In a server farm environment, we could in theory install and run each service on each machine, however there may be conflicts due to business object based "first-write-win" or undesirable duplication of tasks eg: the same emails being send a number of times.

The "first-write-wins" scenario can be overcome through code or logic that resolves the issue or skips the item. (if its a basic queuing mechanism (query list and process record) it will just be tried again)

For the duplication of tasks, one could perform tasks in transactions to prevent other processses grabbing the same resources, however I guess they will just wait and we would need to handle some login based on things happening again? Would this be the case?

To prevent duplication of tasks I am thinking of maybe building some mechanism that writes a "locking flag" to the database that will be set by the first service that fires up. This flag will be dated and reference the instance of the service. The service that "owns" the flag will run the tasks and periodically update this date. There will also be a timeout/tolerance setting on each service in the situation where the service doesnt own the flag, it will check the tolerance and take over if required.
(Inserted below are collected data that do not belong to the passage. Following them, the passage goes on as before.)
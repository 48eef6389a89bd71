//! Why a run ends early.

ghost use Rattle.std.specs.Prelude.{◌≡◌};
ghost use Rattle.hp_report.specs.Faults.{read_fault, write_fault};
ghost use Rattle.hp_report.specs.declared.fault.Fault.TheVariants.{NoMemory};

use crate::input::ReadFault;
use crate::output::WriteFault;
use std::alloc::{AllocError, AllocFailed};
use thiserror::Error;

/// Why a run ended before all was written. The writer then has a prefix of the text.
#[derive(Clone, Copy, Debug, PartialEq, Eq, Error)]
pub enum Fault {
    /// An allocation was refused.
    #[error("fault F1")]
    NoMemory,
    /// A read failed.
    #[error("fault F2")]
    Read,
    /// A write failed, or wrote nothing of a piece that isn't empty.
    #[error("fault F3")]
    Write,
}

impl From<AllocError> for Fault {
    ghost from_gives = { λ _ f. f ≡ NoMemory };

    fn from(_error: AllocError) -> Fault {
        Fault::NoMemory
    }
}

impl<T: Drop> From<AllocFailed<T>> for Fault {
    ghost from_gives = { λ _ f. f ≡ NoMemory };

    fn from(_error: AllocFailed<T>) -> Fault {
        Fault::NoMemory
    }
}

impl From<ReadFault> for Fault {
    ghost from_gives = { λ r f. f ≡ read_fault r };

    fn from(fault: ReadFault) -> Fault {
        match fault {
            ReadFault::Read => Fault::Read,
            ReadFault::NoMemory => Fault::NoMemory,
        }
    }
}

impl From<WriteFault> for Fault {
    ghost from_gives = { λ w f. f ≡ write_fault w };

    fn from(fault: WriteFault) -> Fault {
        match fault {
            WriteFault::Write => Fault::Write,
            WriteFault::NoMemory => Fault::NoMemory,
        }
    }
}
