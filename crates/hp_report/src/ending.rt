//! The statuses of rules in a store.

ghost use Rattle.std.specs.Prelude.{◌≡◌, IfOk, map};
ghost use Rattle.hp_model.specs.Cells.{rule_cell};
ghost use Rattle.hp_store.specs.Stack.{cells_in};
ghost use Rattle.hp_report.specs.Ending.{status_from, AreStatuses};
ghost use Rattle.hp_report.specs.Mapped as model;

use crate::report::RuleStatus;
use hp_rule::{Library, rule_number};
use hp_store::{CellValue, Store};
use hp_value::{Cell, RuleNo};
use std::alloc::{AllocError, Global};

/// The status of each rule in a store, by the rules' numbers.
///
/// An error means that memory ran out, or that there are more rules than there are rule numbers.
pub(crate) fn final_statuses(
    alloc: Global,
    lib: &Library,
    store: &Store,
) -> Result<Vec<RuleStatus>, AllocError>
    ensures { IfOk result (λ statuses.
        AreStatuses (model.library lib.now) (cells_in store.now) (map model.status statuses.items)) }
{
    let mut statuses = Vec::new(alloc);
    for place in 0..lib.rules().len() {
        statuses.push(status_of(store, rule_number(place)?))?;
    }
    Ok(statuses)
}

/// The status of a rule in a store.
fn status_of(store: &Store, rule: RuleNo) -> RuleStatus
    ensures { model.status result ≡ status_from (cells_in store.now (rule_cell rule)) }
{
    match store.get(Cell::Rule(rule)) {
        Some(CellValue::Status(hp_store::Status::Enabled)) => RuleStatus::Enabled,
        Some(CellValue::Status(hp_store::Status::Disabled)) => RuleStatus::Disabled,
        Some(CellValue::Row(_) | CellValue::Detector(_)) | None => RuleStatus::Absent,
    }
}
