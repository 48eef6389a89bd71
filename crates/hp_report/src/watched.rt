//! Devices over readers and writers of std.

ghost use Rattle.std.specs.Prelude.{◌≡◌};

use crate::device::{Sink, Source};
use std::io;
use std::io::{Read, Write};

/// A reader or writer of std, whether one of its calls has failed, and whether a read has found the end.
#[derive(Drop)]
pub struct Watched<T> {
    inner: T,
    failed: bool,
    ended: bool,
}

impl<T> Watched<T> {
    ghost use Rattle.std.specs.Prelude.{false};
    ghost use Rattle.hp_report.specs.Watched.{inner_of, has_failed, has_ended};

    /// A device that has not failed, and whose end was not found.
    pub fn new(inner: T) -> Watched<T>
        ensures inner { inner_of result ≡ inner }
        ensures fresh { has_failed result ≡ false }
        ensures going_on { has_ended result ≡ false }
    {
        Watched {
            inner,
            failed: false,
            ended: false,
        }
    }

    /// The reader or writer inside.
    pub fn into_inner(self) -> T
        ensures { result ≡ inner_of self }
    {
        let Watched { inner, .. } = self;
        inner
    }
}

impl<R: Read> Source for Watched<R> {
    ghost use Rattle.hp_report.specs.Watched.{inner_of, left_of, has_failed as watched_failed};
    ghost use Rattle.hp_report.specs.Watched.{has_ended as watched_ended};

    ghost remaining = { λ s. left_of (watched_ended s) (R.remaining (inner_of s)) };

    ghost has_failed = { λ s. watched_failed s };

    ghost has_ended = { λ s. watched_ended s };

    fn read(&mut self, buf: &mut [u8]) -> io::Result<usize> {
        let result = self.inner.read(buf);
        self.failed = result.is_err();
        self.ended = match &result {
            Ok(count) => *count == 0 && !buf.is_empty(),
            Err(_) => false,
        };
        result
    }

    fn failed(&self) -> bool {
        self.failed
    }

    fn ended(&self) -> bool {
        self.ended
    }
}

impl<W: Write> Sink for Watched<W> {
    ghost use Rattle.hp_report.specs.Watched.{inner_of, has_failed as watched_failed};

    ghost contents = { λ s. W.contents (inner_of s) };

    ghost has_failed = { λ s. watched_failed s };

    fn write(&mut self, buf: &[u8]) -> io::Result<usize> {
        let result = self.inner.write(buf);
        self.failed = match &result {
            Ok(count) => *count == 0 && !buf.is_empty(),
            Err(_) => true,
        };
        result
    }

    fn failed(&self) -> bool {
        self.failed
    }
}
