//! Reading a file.

ghost use Rattle.std.specs.Prelude.{◌≤◌, vec_len, IfOk};

use crate::input::{ReadFault, read_up_to};
use crate::watched::Watched;
use std::fs;
use std::io::ErrorKind;
use std::rt::Files;

/// The most bytes of a file that are read: one more than a script may have is enough to refuse it.
const MOST_OF_FILE: usize = 1_048_577;

/// The bytes of the file of this name, or the first 1,048,577 of them. No contract can say which bytes a file has.
///
/// A file that can't be opened is a failed read.
pub fn bytes_of_file<R: Files + AllocGlobal>(rt: &R, name: &str) -> Result<Vec<u8>, ReadFault>
    ensures { IfOk result (λ bytes. vec_len bytes ≤ 1048577) }
{
    let file = match fs::open(rt, name) {
        Ok(file) => file,
        Err(error) if error.kind() == ErrorKind::OutOfMemory => return Err(ReadFault::NoMemory),
        Err(_) => return Err(ReadFault::Read),
    };
    let mut reader = Watched::new(file);
    read_up_to(rt.alloc(), &mut reader, MOST_OF_FILE)
}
Does this sound like a resonable solution or should one go to a better message queuing based solution at that stage (also not sure how that would work in a farm environement?

Tecnologies: C# / ASP.NET / SQL Server

+2  A: 

I can think of two mechanisms.

  1. If all your tasks are derived from database activites you could create a new "tasks" table and set triggers on the activities so that a new record with the task information is inserted. Your windows services can then poll the "tasks" table and use an atomic select and delete transaction to ensure only one service does it.

  2. You could use a message queue and drop your tasks on it and then have your windows services poll the queue. Each queued message will only be able to be dequeued by a single service so you can ensure each task is only done once. Of course you then have to worry about load on your message queue. Depending on your application you could use something like Amazon's Simple Queue Service which would alleviate you having to worry about reliability and scalability.

sipwiz
vote for the second solution
Dmitry Ornatsky
The second solution does confirm my thinking that a more entrprise messaging queuing system is the way to go.